Fritjof Capra, The Tao of Physics: An Exploration of the Parallels between Modern Physics and Eastern Mysticism

The symbolic value of the past life is evident to the dreamer/participant and the extrapolation can be made fairly quickly as to the value of the life – sometimes pushed forward by requesting the dreamer to remember a significant event from a past life and/or a previous death. What were the feelings, and what was the person thinking when they died? Fly above and describe the scene as you were released.

It wasn’t what I imagined it would be – a gypsy girl dancing and twirling her skirts with joy in a state of bliss shortly before her troupe was run out of town and ravaged by soldiers or a rich gay soldier in the Napoleon wars, desperately clinging to his fallen lover against a backdrop of fire and screaming horses. He dies soon after, afflicted with sickness and opium.

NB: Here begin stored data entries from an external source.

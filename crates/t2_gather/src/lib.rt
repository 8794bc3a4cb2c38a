// The headers of a row of packets moved into PPT marker segments (SCOPE S22), and the rest of the packets behind one another.
#![tactic(auto)]

ghost use Rattle.std.specs.Prelude.{◌≡◌, ◌*◌, ◌≤◌, length};
ghost use Rattle.t800.specs.RefusalNumbers.{number_of};
ghost use Rattle.t800.specs.PackedHeaders.{most_bytes, most_segments};
ghost use Rattle.t800.specs.Gathered.{gather};
ghost use Rattle.t2_pack_headers.specs.Packing.{packed_length, closed};
ghost use Rattle.t2_gather.specs.Answers.{gather_result, refused_move};

use t2_gather_packet::Moved;
use t800::{GatherAnswer, Markers, Refusal};

fn refuse(scratch: &mut [u32], headers: &mut [u8], bodies: &mut [u8], why: Refusal) -> GatherAnswer
    ensures { gather_result result scratch.new headers.new bodies.new
        ≡ refused_move (number_of why) scratch.old headers.old bodies.old }
{
    lists::wipe(scratch);
    lists::wipe(headers);
    lists::wipe(bodies);
    GatherAnswer::refused(why)
}

// The last segment's length field, and the answer.
fn close(headers: &mut [u8], g: Moved) -> GatherAnswer
    requires { (packed_length g.headers ≤ length headers.old) × (g.headers ≤ most_segments * most_bytes) }
    ensures { (headers.new ≡ closed headers.old g.headers)
        × (result ≡ record { refusal = 0; headers = packed_length g.headers; bodies = g.bodies }) }
{
    let count = g.headers;
    t2_pack_headers::close_segments(headers, count);
    let bytes = t2_pack_headers::packed_length(count);
    GatherAnswer {
        refusal: 0,
        headers: bytes as u64,
        bodies: g.bodies as u64,
    }
}

pub fn gather(
    row: &[u8],
    states: &[u32],
    scratch: &mut [u32],
    places: &[u32],
    m: Markers,
    headers: &mut [u8],
    bodies: &mut [u8],
) -> GatherAnswer
    ensures { record { answer = result; scratch = scratch.new; headers = headers.new; bodies = bodies.new }
        ≡ gather row.now states.now scratch.old places.now m
        headers.old bodies.old }
{
    if !tcd_states::states_fit(states, scratch.len(), places) {
        return refuse(scratch, headers, bodies, Refusal::State);
    }
    lists::copy(states, scratch);
    let g = match t2_gather_row::gather_packets(row, states, scratch, places, m, headers, bodies) {
        Ok(g) => g,
        Err(why) => return refuse(scratch, headers, bodies, why),
    };
    if g.taken < row.len() {
        return refuse(scratch, headers, bodies, Refusal::Body);
    }
    close(headers, g)
}
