//! Laws over the definitions of a migration: for every customer and all tables, with no program in
//! them. Each is an empty function whose contract is the law.

ghost use Rattle.std.specs.Prelude.{◌≡◌, ℕ, List};
ghost use Rattle.hq_tables.specs.Tables.{Tables, own};
ghost use Rattle.hq_tables.specs.Sound.{Sound};
ghost use Rattle.hq_sql_open.specs.Lifted.{lift, lifted_tables, FirstSound};

/// What a migration makes of the tables it makes of each customer's state.
#[tactic(auto, using(crate::proofs::Lifted::own_lifted))]
pub fn lifted_state_is_own()
    ensures { (customer : List ℕ) (t : Tables) → own customer (lifted_tables t)
        ≡ lift (own customer t) }
{}

/// Tables that were sound before reasons were kept are sound after it.
pub fn lifted_tables_are_sound()
    ensures { (t : Tables) → FirstSound t → Sound (lifted_tables t) }
{}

A woman whisked away from her village on horseback, clinging to her lover, who had promised her a life of luxury and ease in the city. She was saddened to leave behind her young daughter, born out of wedlock, with a poor family who she was leaving behind, fleeing her bad decisions to make worse ones. She became a prostitute in the city and once she finally hit bottom, returned to the village and to her forgiving and joyful daughter and family. She dies old and heartbroken but surrounded by love.

A young Indian boy, at a fire ceremony, pressed into sacrificing his beloved pet, for the glory of the tribal religious offering. He realizes the hopelessness of the old ways. Ceremonies will not save the Indian nations, the futility of his tribal religion and the sadness of his offering leads him on a downward spiral. He eventually kills himself.

I sleep well after the past life regression and enjoy an early morning stroll the next morning in Alexandria. Looking at my feet, enjoying the comfort of my new Fly London shoes, I wonder what kind of door will mark this particular life in this time and place. I suppose I won’t know until the next time I visit the liminal state of bardos.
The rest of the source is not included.